-------- Provided information

//! Records: the row of the fields that have types.
ghost use Rattle.std.specs.Prelude.{◌≡◌, IfOk};
ghost use Rattle.con_terms.specs.Trees.{pair_list};
ghost use Rattle.con_terms.specs.View.{con_tree, kind_tree, pairs_from, pairs_tree};
ghost use Rattle.core_terms.specs.Types.{type_row};
ghost use Rattle.core_terms.specs.View.{maybe_con};
ghost use Rattle.judgements.specs.View.{judged_tree, sc_view};
ghost use Rattle.kind_rules.specs.View.{found};
ghost use Rattle.node_rules.specs.Records as computed;
ghost use Rattle.node_rules.specs.View.{maybe_pairs, row_tree};
ghost use Rattle.told_faults.specs.Computed.{flawed};
ghost use Rattle.type_faults.specs.View.{maybe_fault};

use con_terms::{Con, Kind, Pair, Pairs, Place};
use judgements::{Globals, Here, Judged, copied, flaw_at, has_kind};
use kind_rules::Flaw;
use std::alloc::{AllocError, Global};
use type_faults::{Fault, first};
use type_makers::{record, row_kind};

/// The fields that have types so far, where all do; what is told of their terms, and of their names. Contracts see it
/// as `row_tree`.
#[derive(Drop)]
pub struct Row {
    pub row: Option<Pairs>,
    pub kids: Option<Fault>,
    pub own: Option<Fault>,
}

/// Before the first field.
pub fn no_fields_yet(alloc: Global) -> Row
    ensures { row_tree result ≡ computed.no_fields_yet }
{
    Row {
        row: Some(Pairs::new(alloc)),
        kids: None,
        own: None,
    }
}

/// The fields with one more, where its term has a type.
fn with_value(
    alloc: Global,
    n: &Con,
    t: Option<Con>,
    done: Pairs,
) -> Result<Option<Pairs>, AllocError>
    ensures { IfOk result
        (λ r. maybe_pairs r
        ≡ computed.with_value (con_tree n.now) (maybe_con t) (pair_list (pairs_tree done))) }
{
    match t {
        None => Ok(None),
        Some(value) => {
            let mut all = done;
            let name = copied(alloc, n)?;
            all.push(Pair { name, value })?;
            Ok(Some(all))
        }
    }
}

/// The fields with one more, where its name is one and its term has a type.
fn with_kinded(
    alloc: Global,
    n: &Con,
    is_name: bool,
    t: Option<Con>,
    row: Option<Pairs>,
) -> Result<Option<Pairs>, AllocError>
    ensures { IfOk result
        (λ r. maybe_pairs r
        ≡ computed.with_kinded (con_tree n.now) is_name (maybe_con t) (maybe_pairs row)) }
{
    if !is_name {
        return Ok(None);
    }
    match row {
        None => Ok(None),
        Some(done) => with_value(alloc, n, t, done),
    }
}

/// Whether a constructor has its kind.
pub fn is_kinded(k: &Result<Kind, Flaw>) -> bool
    ensures { result ≡ computed.is_kinded (found kind_tree k.now) }
{
    match k {
        Ok(_) => true,
        Err(_) => false,
    }
}

/// What a name's kind tells.
pub fn name_flaw(
    alloc: Global,
    g: &Globals,
    s: &Here,
    q: Place,
    k: Result<Kind, Flaw>,
) -> Result<Option<Fault>, AllocError>
    ensures { IfOk result
        (λ o. maybe_fault o ≡ flawed (sc_view g.now s.now) q (found kind_tree k)) }
{
    match k {
        Ok(_) => Ok(None),
        Err(flaw) => Ok(Some(flaw_at(alloc, g, s, q, flaw)?)),
    }
}

/// One more field, which stands at `q`, from its name's kind: its name, and what is found for its term.
fn with_known(
    alloc: Global,
    g: &Globals,
    s: &Here,
    q: Place,
    n: &Con,
    k: Result<Kind, Flaw>,
    j: Judged,
    past: Row,
) -> Result<Row, AllocError>
    ensures { IfOk result
        (λ r. row_tree r
        ≡ computed.with_known
        (sc_view g.now s.now)
        q
        (con_tree n.now)
        (found kind_tree k)
        (judged_tree j)
        (row_tree past)) }
{
    let Judged { ty, told } = j;
    let Row { row, kids, own } = past;
    let is_name = is_kinded(&k);
    let flaw = name_flaw(alloc, g, s, q, k)?;
    Ok(Row {
        row: with_kinded(alloc, n, is_name, ty, row)?,
        kids: first(kids, told),
        own: first(own, flaw),
    })
}

/// One more field, which stands at `q`: its name, and what is found for its term.
pub fn with_field(
    alloc: Global,
    g: &Globals,
    s: &Here,
    q: Place,
    n: &Con,
    j: Judged,
    past: Row,
) -> Result<Row, AllocError>
    ensures { IfOk result
        (λ r. row_tree r
        ≡ computed.with_field (sc_view g.now s.now) q (con_tree n.now) (judged_tree j) (row_tree past)) }
{
    let k = has_kind(alloc, s, n, &Kind::Names)?;
    with_known(alloc, g, s, q, n, k, j, past)
}

/// A record of this row, from the row's kind.
fn of_whole(
    alloc: Global,
    g: &Globals,
    s: &Here,
    p: Place,
    kids: Option<Fault>,
    own: Option<Fault>,
    r: Con,
    k: Result<Kind, Flaw>,
) -> Result<Judged, AllocError>
    ensures { IfOk result
        (λ j. judged_tree j ≡ computed.of_whole
        (sc_view g.now s.now)
        p
        (maybe_fault kids)
        (maybe_fault own)
        (con_tree r)
        (found kind_tree k)) }
{
    match k {
        Err(flaw) => {
            let whole = flaw_at(alloc, g, s, p, flaw)?;
            Ok(Judged {
                ty: None,
                told: first(kids, first(own, Some(whole))),
            })
        }
        Ok(_) => Ok(Judged {
            ty: Some(record(alloc, r)?),
            told: first(kids, own),
        }),
    }
}

/// A row of types.
fn row_of(alloc: Global, fields: Pairs) -> Result<Con, AllocError>
    ensures { IfOk result (λ c. con_tree c ≡ type_row (pairs_tree fields)) }
{
    Ok(Con::Row(Box::new(alloc, Kind::Types)?, fields))
}

/// A row of types, from its fields in order.
fn listed_row(alloc: Global, fields: Pairs) -> Result<Con, AllocError>
    ensures { IfOk result (λ c. con_tree c ≡ type_row (pairs_from (pair_list (pairs_tree fields)))) }
{
    row_of(alloc, fields)
}

/// `{n = e, ..}`, from what is found for its fields.
pub fn of_fields(
    alloc: Global,
    g: &Globals,
    s: &Here,
    p: Place,
    fields: Row,
) -> Result<Judged, AllocError>
    ensures { IfOk result (λ j. judged_tree j ≡ computed.of_fields (sc_view g.now s.now) p (row_tree fields)) }
{
    let Row { row, kids, own } = fields;
    match row {
        None => Ok(Judged {
            ty: None,
            told: first(kids, own),
        }),
        Some(fields) => {
            let r = listed_row(alloc, fields)?;
            let k = has_kind(alloc, s, &r, &row_kind(alloc, Kind::Types)?)?;
            of_whole(alloc, g, s, p, kids, own, r, k)
        }
    }
}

----------------

Work request
Look at the entries above. Then set all of them down again exactly.

Exercise answer
//! Records: the row of the fields that have types.
ghost use Rattle.std.specs.Prelude.{◌≡◌, IfOk};
ghost use Rattle.con_terms.specs.Trees.{pair_list};
ghost use Rattle.con_terms.specs.View.{con_tree, kind_tree, pairs_from, pairs_tree};
ghost use Rattle.core_terms.specs.Types.{type_row};
ghost use Rattle.core_terms.specs.View.{maybe_con};
ghost use Rattle.judgements.specs.View.{judged_tree, sc_view};
ghost use Rattle.kind_rules.specs.View.{found};
ghost use Rattle.node_rules.specs.Records as computed;
ghost use Rattle.node_rules.specs.View.{maybe_pairs, row_tree};
ghost use Rattle.told_faults.specs.Computed.{flawed};
ghost use Rattle.type_faults.specs.View.{maybe_fault};

use con_terms::{Con, Kind, Pair, Pairs, Place};
use judgements::{Globals, Here, Judged, copied, flaw_at, has_kind};
use kind_rules::Flaw;
use std::alloc::{AllocError, Global};
use type_faults::{Fault, first};
use type_makers::{record, row_kind};

/// The fields that have types so far, where all do; what is told of their terms, and of their names. Contracts see it
/// as `row_tree`.
#[derive(Drop)]
pub struct Row {
    pub row: Option<Pairs>,
    pub kids: Option<Fault>,
    pub own: Option<Fault>,
}

/// Before the first field.
pub fn no_fields_yet(alloc: Global) -> Row
    ensures { row_tree result ≡ computed.no_fields_yet }
{
    Row {
        row: Some(Pairs::new(alloc)),
        kids: None,
        own: None,
    }
}

/// The fields with one more, where its term has a type.
fn with_value(
    alloc: Global,
    n: &Con,
    t: Option<Con>,
    done: Pairs,
) -> Result<Option<Pairs>, AllocError>
    ensures { IfOk result
        (λ r. maybe_pairs r
        ≡ computed.with_value (con_tree n.now) (maybe_con t) (pair_list (pairs_tree done))) }
{
    match t {
        None => Ok(None),
        Some(value) => {
            let mut all = done;
            let name = copied(alloc, n)?;
            all.push(Pair { name, value })?;
            Ok(Some(all))
        }
    }
}

/// The fields with one more, where its name is one and its term has a type.
fn with_kinded(
    alloc: Global,
    n: &Con,
    is_name: bool,
    t: Option<Con>,
    row: Option<Pairs>,
) -> Result<Option<Pairs>, AllocError>
    ensures { IfOk result
        (λ r. maybe_pairs r
        ≡ computed.with_kinded (con_tree n.now) is_name (maybe_con t) (maybe_pairs row)) }
{
    if !is_name {
        return Ok(None);
    }
    match row {
        None => Ok(None),
        Some(done) => with_value(alloc, n, t, done),
    }
}

/// Whether a constructor has its kind.
pub fn is_kinded(k: &Result<Kind, Flaw>) -> bool
    ensures { result ≡ computed.is_kinded (found kind_tree k.now) }
{
    match k {
        Ok(_) => true,
        Err(_) => false,
    }
}

/// What a name's kind tells.
pub fn name_flaw(
    alloc: Global,
    g: &Globals,
    s: &Here,
    q: Place,
    k: Result<Kind, Flaw>,
) -> Result<Option<Fault>, AllocError>
    ensures { IfOk result
        (λ o. maybe_fault o ≡ flawed (sc_view g.now s.now) q (found kind_tree k)) }
{
    match k {
        Ok(_) => Ok(None),
        Err(flaw) => Ok(Some(flaw_at(alloc, g, s, q, flaw)?)),
    }
}

/// One more field, which stands at `q`, from its name's kind: its name, and what is found for its term.
fn with_known(
    alloc: Global,
    g: &Globals,
    s: &Here,
    q: Place,
    n: &Con,
    k: Result<Kind, Flaw>,
    j: Judged,
    past: Row,
) -> Result<Row, AllocError>
    ensures { IfOk result
        (λ r. row_tree r
        ≡ computed.with_known
        (sc_view g.now s.now)
        q
        (con_tree n.now)
        (found kind_tree k)
        (judged_tree j)
        (row_tree past)) }
{
    let Judged { ty, told } = j;
    let Row { row, kids, own } = past;
    let is_name = is_kinded(&k);
    let flaw = name_flaw(alloc, g, s, q, k)?;
    Ok(Row {
        row: with_kinded(alloc, n, is_name, ty, row)?,
        kids: first(kids, told),
        own: first(own, flaw),
    })
}

/// One more field, which stands at `q`: its name, and what is found for its term.
pub fn with_field(
    alloc: Global,
    g: &Globals,
    s: &Here,
    q: Place,
    n: &Con,
    j: Judged,
    past: Row,
) -> Result<Row, AllocError>
    ensures { IfOk result
        (λ r. row_tree r
        ≡ computed.with_field (sc_view g.now s.now) q (con_tree n.now) (judged_tree j) (row_tree past)) }
{
    let k = has_kind(alloc, s, n, &Kind::Names)?;
    with_known(alloc, g, s, q, n, k, j, past)
}

/// A record of this row, from the row's kind.
fn of_whole(
    alloc: Global,
    g: &Globals,
    s: &Here,
    p: Place,
    kids: Option<Fault>,
    own: Option<Fault>,
    r: Con,
    k: Result<Kind, Flaw>,
) -> Result<Judged, AllocError>
    ensures { IfOk result
        (λ j. judged_tree j ≡ computed.of_whole
        (sc_view g.now s.now)
        p
        (maybe_fault kids)
        (maybe_fault own)
        (con_tree r)
        (found kind_tree k)) }
{
    match k {
        Err(flaw) => {
            let whole = flaw_at(alloc, g, s, p, flaw)?;
            Ok(Judged {
                ty: None,
                told: first(kids, first(own, Some(whole))),
            })
        }
        Ok(_) => Ok(Judged {
            ty: Some(record(alloc, r)?),
            told: first(kids, own),
        }),
    }
}

/// A row of types.
fn row_of(alloc: Global, fields: Pairs) -> Result<Con, AllocError>
    ensures { IfOk result (λ c. con_tree c ≡ type_row (pairs_tree fields)) }
{
    Ok(Con::Row(Box::new(alloc, Kind::Types)?, fields))
}

/// A row of types, from its fields in order.
fn listed_row(alloc: Global, fields: Pairs) -> Result<Con, AllocError>
    ensures { IfOk result (λ c. con_tree c ≡ type_row (pairs_from (pair_list (pairs_tree fields)))) }
{
    row_of(alloc, fields)
}

/// `{n = e, ..}`, from what is found for its fields.
pub fn of_fields(
    alloc: Global,
    g: &Globals,
    s: &Here,
    p: Place,
    fields: Row,
) -> Result<Judged, AllocError>
    ensures { IfOk result (λ j. judged_tree j ≡ computed.of_fields (sc_view g.now s.now) p (row_tree fields)) }
{
    let Row { row, kids, own } = fields;
    match row {
        None => Ok(Judged {
            ty: None,
            told: first(kids, own),
        }),
        Some(fields) => {
            let r = listed_row(alloc, fields)?;
            let k = has_kind(alloc, s, &r, &row_kind(alloc, Kind::Types)?)?;
            of_whole(alloc, g, s, p, kids, own, r, k)
        }
    }
}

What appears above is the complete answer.